In summation of the above description, the present invention herein enhances the performance than the conventional structure and further complies with the patent application requirements and is thus duly filed for patent application.
While the invention has been described by means of specific embodiments, numerous modifications and variations could be made thereto by those skilled in the art without departing from the scope and spirit of the invention set forth in the claims.

Claims

1. A shock-resisting steel concrete structure, comprising:

a steel body, formed by connecting a plurality of steel wires into a mesh shape;

an external steel-plate frame, covered onto an external layer of the steel body, and having a gap from the steel body; and

a concrete, filled up in the external steel-plate frame and engaged with the steel body, the steel wires and the external steel-plate frame.

2. The shock-resisting steel concrete structure of claim 1, wherein the steel body is made of steel bars.

3. The shock-resisting steel concrete structure of claim 1, wherein the steel body is made of steel braces, and each steel brace includes two plates, and each plate includes a plurality of through holes disposed thereon for fixing the steel wires.

4. The shock-resisting steel concrete structure of claim 3, wherein the plate of the steel brace includes a plurality of flanges disposed on both sides of the plate for fixing the steel wires.

5. The shock-resisting steel concrete structure of claim 4, wherein the flanges are installed alternately in opposite directions with each other.

6. The shock-resisting steel concrete structure of claim 4, wherein the flanges are installed alternately in a same direction with each other.

7. The shock-resisting steel concrete structure of claim 2, wherein the plate of the steel brace includes a plurality of screw bolts disposed on both sides of the plate for fixing the steel wires.

8. The shock-resisting steel concrete structure of claim 1, wherein the external steel-plate frame further includes a sunken/protruded portion.
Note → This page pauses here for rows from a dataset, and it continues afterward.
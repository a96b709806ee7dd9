//! Orders: one in the middle of a slot, several that wait, and requests that are no new ones.
use crate::ahead::SOON;
use crate::guest::Speech;
use crate::scenes::{
    AllTold, Behind, IMAGE, Left, Look, keep_up_in, look_behind_new, world, world_of,
};
use crate::wire::{Spell, Trouble, Wire};
use crate::world::World;
use office_core::OfficeError;
use office_plays::refusing::Refusing;
use office_plays::steps::Happens::{self, Load, Order};
use office_plays::steps::push;
use poll_book::{Keeper, MemKeeper, StoreFault};
use std::alloc::Global;
use std::test::Fail;
use telling::{Trial, twice};

pub(crate) const ORDER: &str =
    "PUT /callers/ann/orders/k1 HTTP/1.1\r\nContent-Length: 26\r\n\r\n{\"point\":\"lim\",\"value\":80}";

pub(crate) const ASKED: &str = "GET /callers/ann/orders/k1 HTTP/1.1\r\n\r\n";

pub(crate) const WAITING: &str =
    "HTTP/1.1 201 Created\r\nContent-Type: application/json\r\nContent-Length: 29\r\nConnection: close\r\n\r\n{\"order\":1,\"state\":\"waiting\"}";

const DONE: &str =
    "HTTP/1.1 200 OK\r\nContent-Type: application/json\r\nContent-Length: 26\r\nConnection: close\r\n\r\n{\"order\":1,\"state\":\"done\"}";

/// Asks a device for the register that is ordered, and the reply with 80.
const QUERY: &[u8] = &[0, 9, 0, 0, 0, 6, 17, 3, 0, 40, 0, 1];

const EIGHTY: &[u8] = &[0, 9, 0, 0, 0, 5, 17, 3, 2, 0, 80];

/// Slot 101 ends at 8 seconds, and the worlds before that.
const ENDS: u64 = 7_500;

/// Expects that the register has the value that was ordered.
fn assert_set(trial: &Trial<'_>, wire: &mut Wire) -> Result<(), OfficeError> {
    let mut reply = [0u8; 11];
    wire.take(QUERY, ENDS)?;
    wire.read(&mut reply, ENDS);
    trial.told(&"register", &reply.as_slice(), &EIGHTY);
    Ok(())
}

/// Expects what the callers heard.
fn assert_heard(trial: &Trial<'_>, world: &World) {
    for (guest, expected) in world.guests.all.iter().zip([WAITING, DONE]) {
        trial.told(&"heard", &guest.heard.as_slice(), &expected.as_bytes());
    }
}

/// Expects that the roof has the value that was ordered.
fn assert_roof(trial: &Trial<'_>, world: &mut World) -> Result<(), OfficeError> {
    match world.wires.first_mut() {
        Some(wire) => assert_set(trial, wire),
        None => Err(OfficeError::WrongLine),
    }
}

/// The callers heard that an order waits, and that it is done.
pub(crate) struct OrderDone;

impl Look<MemKeeper> for OrderDone {
    fn look(&self, trial: &Trial<'_>, left: &mut Left<MemKeeper>) -> Result<(), OfficeError> {
        assert_heard(trial, &left.world);
        Ok(())
    }
}

/// The same, and the roof has the value.
struct Set;

impl Look<MemKeeper> for Set {
    fn look(&self, trial: &Trial<'_>, left: &mut Left<MemKeeper>) -> Result<(), OfficeError> {
        assert_heard(trial, &left.world);
        assert_roof(trial, &mut left.world)
    }
}

fn ordered(trial: &Trial<'_>) -> Result<(), OfficeError> {
    let speeches = [Speech::at_once(5_000, ORDER), Speech::at_once(5_001, ASKED)];
    let world = world(trial.alloc(), ENDS, &[], &speeches)?;
    look_behind_new(trial, &[], world, &Set)
}

#[test]
fn an_order_is_sent_at_once(rt: HostRuntime) -> Result<(), Fail> {
    Ok(twice!(rt, ordered)?)
}

/// A register of the device in the cellar that an order sets.
const CELLAR_LIMIT: &[Happens] = &[Load("l2", "top,m2,holding,40,uint16,,,setting,\n")];

const ORDER_BELOW: &str =
    "PUT /callers/ann/orders/k1 HTTP/1.1\r\nContent-Length: 26\r\n\r\n{\"point\":\"top\",\"value\":80}";

/// The same in the cellar, whose line is the second one of the site.
fn ordered_below(trial: &Trial<'_>) -> Result<(), OfficeError> {
    let speeches = [
        Speech::at_once(5_000, ORDER_BELOW),
        Speech::at_once(5_001, ASKED),
    ];
    let world = world(trial.alloc(), ENDS, &[], &speeches)?;
    look_behind_new(trial, CELLAR_LIMIT, world, &OrderDone)
}

#[test]
fn an_order_is_sent_over_the_line_of_its_device(rt: HostRuntime) -> Result<(), Fail> {
    Ok(twice!(rt, ordered_below)?)
}

/// Devices without a register that can be set.
const UNSETTABLE: Behind = Behind {
    image: "[[unit]]\nid = 17\nholding_start = 41\nholding = [0]\n",
    spells: &[],
};

/// The query of the roof, which is for the register that is set too, and what was ordered are refused.
const REFUSED: AllTold = AllTold(
    "1970-01-01T00:08:22Z office: line roof is up\n1970-01-01T00:08:22Z office: line cellar is up\n1970-01-01T00:08:22Z office: line roof polled slot 100: asked 1 recorded 0 excepted 1 refused 0 in 0 ms\n1970-01-01T00:08:22Z office: line cellar polled slot 100: asked 1 recorded 1 excepted 0 refused 0 in 0 ms\n1970-01-01T00:08:25Z office: line roof polled slot 101: asked 1 recorded 0 excepted 1 refused 0 in 0 ms\n1970-01-01T00:08:25Z office: line cellar polled slot 101: asked 1 recorded 1 excepted 0 refused 0 in 0 ms\n1970-01-01T00:08:27Z office: device m1 of line roof refused what was ordered, by exception 2\n",
);

/// The device answers by exception 2 (illegal data address).
fn refused(trial: &Trial<'_>) -> Result<(), OfficeError> {
    let speeches = [Speech::at_once(5_000, ORDER)];
    let world = world_of(trial.alloc(), ENDS, &[UNSETTABLE; 2], &speeches)?;
    look_behind_new(trial, &[], world, &REFUSED)
}

#[test]
fn a_refused_order_is_told(rt: HostRuntime) -> Result<(), Fail> {
    Ok(twice!(rt, refused)?)
}

/// Orders that wait, of which the last one is for 80.
const WAIT: &[Happens] = &[
    Order("k1", "lim", 10),
    Order("k2", "lim", 20),
    Order("k3", "lim", 30),
    Order("k4", "lim", 80),
];

/// The roof can't be reached for four seconds, so that it is connected to after seven.
const ROOF_AWAY: [Behind; 2] = [
    Behind {
        image: IMAGE,
        spells: &[Spell {
            trouble: Trouble::Away,
            unit: None,
            from: 0,
            to: 4_000,
        }],
    },
    Behind {
        image: IMAGE,
        spells: &[],
    },
];

/// Expects that the roof was asked five times at one moment.
fn assert_asked(trial: &Trial<'_>, world: &World) {
    let asked = world.wires.first().map(|wire| wire.asked.as_slice());
    let expected: [(u64, u8); 5] = [(7_000, 17); 5];
    trial.told(&"asked", &asked, &Some(expected.as_slice()));
}

/// All were sent, the last one last.
struct AllSent;

impl Look<MemKeeper> for AllSent {
    fn look(&self, trial: &Trial<'_>, left: &mut Left<MemKeeper>) -> Result<(), OfficeError> {
        assert_asked(trial, &left.world);
        assert_roof(trial, &mut left.world)
    }
}

/// Four orders and a read are sent over one connection, at one moment.
fn waited(trial: &Trial<'_>) -> Result<(), OfficeError> {
    let world = world_of(trial.alloc(), ENDS, &ROOF_AWAY, &[])?;
    look_behind_new(trial, WAIT, world, &AllSent)
}

#[test]
fn orders_that_wait_are_sent_in_one_round(rt: HostRuntime) -> Result<(), Fail> {
    Ok(twice!(rt, waited)?)
}

/// So many times the same request comes.
const REPEATS: u16 = 40;

/// The same request, which comes so many times.
fn repeats(alloc: Global, times: u16) -> Result<Vec<Speech>, OfficeError> {
    let mut speeches = Vec::new(alloc);
    for number in 0..times {
        let comes = u64::from(number) * 20 + 5_000;
        push(&mut speeches, Speech::at_once(comes, ORDER))?;
    }
    Ok(speeches)
}

/// What a store is asked, and the roof, where a request comes so many times.
fn asked_by(trial: &Trial<'_>, times: u16) -> Result<(u32, usize), OfficeError> {
    let alloc = trial.alloc();
    let keeper = Refusing::new(alloc, u32::MAX, StoreFault::Other);
    let world = world(alloc, ENDS, &[], &repeats(alloc, times)?)?;
    let left = keep_up_in(alloc, keeper, &[], world)?;
    let asked = left.world.wires.first().map_or(0, |wire| wire.asked.len());
    Ok((left.office.into_keeper().calls, asked))
}

/// Each costs three look-ups, and no query.
fn repeated(trial: &Trial<'_>) -> Result<(), OfficeError> {
    let (once, asked) = asked_by(trial, 1)?;
    let more = asked_by(trial, REPEATS)?;
    let calls = u32::from(REPEATS) * 3 - 3;
    trial.told(&"more", &more, &(once.saturating_add(calls), asked));
    Ok(())
}

#[test]
fn a_request_that_is_repeated_wakes_no_line(rt: HostRuntime) -> Result<(), Fail> {
    Ok(twice!(rt, repeated)?)
}

/// The roof answers a second later.
pub(crate) const ROOF_LATE: [Behind; 2] = [
    Behind {
        image: IMAGE,
        spells: &[Spell {
            trouble: Trouble::Late(1_000),
            unit: None,
            from: 0,
            to: u64::MAX,
        }],
    },
    Behind {
        image: IMAGE,
        spells: &[],
    },
];

/// The roof was asked for its reading as each slot began, and for the order in the midst of the second round.
struct SentBetween;

impl Look<MemKeeper> for SentBetween {
    fn look(&self, trial: &Trial<'_>, left: &mut Left<MemKeeper>) -> Result<(), OfficeError> {
        assert_heard(trial, &left.world);
        let asked = left.world.wires.first().map(|wire| wire.asked.as_slice());
        let expected: [(u64, u8); 3] = [(0, 17), (3_000, 17), (3_500, 17)];
        trial.told(&"asked", &asked, &Some(expected.as_slice()));
        Ok(())
    }
}

/// An order comes while a round waits for an answer.
fn between(trial: &Trial<'_>) -> Result<(), OfficeError> {
    let speeches = [Speech::at_once(3_500, ORDER), Speech::at_once(4_501, ASKED)];
    let world = world_of(trial.alloc(), ENDS, &ROOF_LATE, &speeches)?;
    look_behind_new(trial, &[], world, &SentBetween)
}

#[test]
fn an_order_is_sent_while_a_round_is_under_way(rt: HostRuntime) -> Result<(), Fail> {
    Ok(twice!(rt, between)?)
}

/// What the roof was asked, and when.
pub(crate) struct AskedAt(pub &'static [(u64, u8)]);

impl<K: Keeper> Look<K> for AskedAt {
    fn look(&self, trial: &Trial<'_>, left: &mut Left<K>) -> Result<(), OfficeError> {
        let asked = left.world.wires.first().map(|wire| wire.asked.as_slice());
        trial.told(&"asked", &asked, &Some(self.0));
        Ok(())
    }
}

/// Of slot 102 the roof is asked for its reading once it has answered to the order, which was sent in slot 101.
const SENT_ONCE: AskedAt = AskedAt(&[(0, 17), (3_000, 17), (7_500, 17), (8_500, 17)]);

/// A slot ends while an order is waited for.
fn waits_on(trial: &Trial<'_>) -> Result<(), OfficeError> {
    let speeches = [Speech::at_once(7_500, ORDER)];
    let world = world_of(trial.alloc(), 9_800, &ROOF_LATE, &speeches)?;
    look_behind_new(trial, &[], world, &SENT_ONCE)
}

#[test]
fn an_order_that_waits_is_not_sent_again_in_the_next_slot(rt: HostRuntime) -> Result<(), Fail> {
    Ok(twice!(rt, waits_on)?)
}

/// The roof takes three seconds from the seventh on.
const ROOF_GETS_LATE: [Behind; 2] = [
    Behind {
        image: IMAGE,
        spells: &[Spell {
            trouble: Trouble::Late(3_000),
            unit: None,
            from: 7_000,
            to: u64::MAX,
        }],
    },
    Behind {
        image: IMAGE,
        spells: &[],
    },
];

/// Of slot 102 the roof is asked once it answers, though nothing was asked in that slot before.
const TAKEN_UP_AGAIN: AskedAt = AskedAt(&[(0, 17), (3_000, 17), (7_500, 17), (10_500, 17)]);

/// An order that waits as a slot begins is given up, and answered later.
fn given_up(trial: &Trial<'_>) -> Result<(), OfficeError> {
    let speeches = [Speech::at_once(7_500, ORDER)];
    let world = world_of(trial.alloc(), 12_000, &ROOF_GETS_LATE, &speeches)?;
    look_behind_new(trial, &[], world, &TAKEN_UP_AGAIN)
}

#[test]
fn a_slot_waits_for_a_device_whose_order_was_given_up(rt: HostRuntime) -> Result<(), Fail> {
    Ok(twice!(rt, given_up)?)
}

/// The roof is away for half a second, and takes a second and a half from then on.
const ROOF_AWAY_AND_LATE: [Behind; 2] = [
    Behind {
        image: IMAGE,
        spells: &[
            Spell {
                trouble: Trouble::Away,
                unit: None,
                from: 5_000,
                to: 5_500,
            },
            Spell {
                trouble: Trouble::Late(1_500),
                unit: None,
                from: 6_500,
                to: u64::MAX,
            },
        ],
    },
    Behind {
        image: IMAGE,
        spells: &[],
    },
];

/// The connection stays, and what it is asked in slot 102 waits for the answer to the order.
const WAITED_FOR: AskedAt = AskedAt(&[(0, 17), (3_000, 17), (7_000, 17), (8_500, 17)]);

/// Over a connection that was made anew an order is sent a second before a slot begins.
fn anew(trial: &Trial<'_>) -> Result<(), OfficeError> {
    let speeches = [Speech::at_once(7_000, ORDER)];
    let world = world_of(trial.alloc(), 9_800, &ROOF_AWAY_AND_LATE, &speeches)?;
    look_behind_new(trial, &[], world, &WAITED_FOR)
}

#[test]
fn an_order_has_its_time_though_a_slot_begins(rt: HostRuntime) -> Result<(), Fail> {
    Ok(twice!(rt, anew)?)
}

/// The roof takes a second from slot 101 on, and is away for a moment.
const ROOF_LATE_AND_LOST: [Behind; 2] = [
    Behind {
        image: IMAGE,
        spells: &[
            Spell {
                trouble: Trouble::Late(1_000),
                unit: None,
                from: 3_000,
                to: u64::MAX,
            },
            Spell {
                trouble: Trouble::Away,
                unit: None,
                from: 5_500,
                to: 5_600,
            },
        ],
    },
    Behind {
        image: IMAGE,
        spells: &[],
    },
];

/// The order is sent again as soon as there is a connection.
const SENT_ANEW: AskedAt = AskedAt(&[(5_000, 17), (6_500, 17)]);

/// A connection is lost over which an order was sent, while the line waits for slot 103.
fn lost(trial: &Trial<'_>) -> Result<(), OfficeError> {
    let speeches = [Speech::at_once(5_000, ORDER)];
    let world = world_of(trial.alloc(), ENDS, &ROOF_LATE_AND_LOST, &speeches)?;
    look_behind_new(trial, SOON, world, &SENT_ANEW)
}

#[test]
fn an_order_that_was_lost_is_sent_over_the_next_connection(rt: HostRuntime) -> Result<(), Fail> {
    Ok(twice!(rt, lost)?)
}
9. The shock-resisting steel concrete structure of claim 1, wherein the external steel-plate frame is formed by enclosing a plurality of steel plates around the exterior of the steel body.

10. The shock-resisting steel concrete structure of claim 9, further comprising a connecting wire for connecting each steel plate with the steel body.

11. The shock-resisting steel concrete structure of claim 10, wherein the steel plate of the external steel-plate frame includes a hook hole for passing and connecting the connecting wire.

12. The shock-resisting steel concrete structure of claim 10, wherein each external steel-plate frame includes a connecting plate with a hook hole for passing and connecting the connecting wire.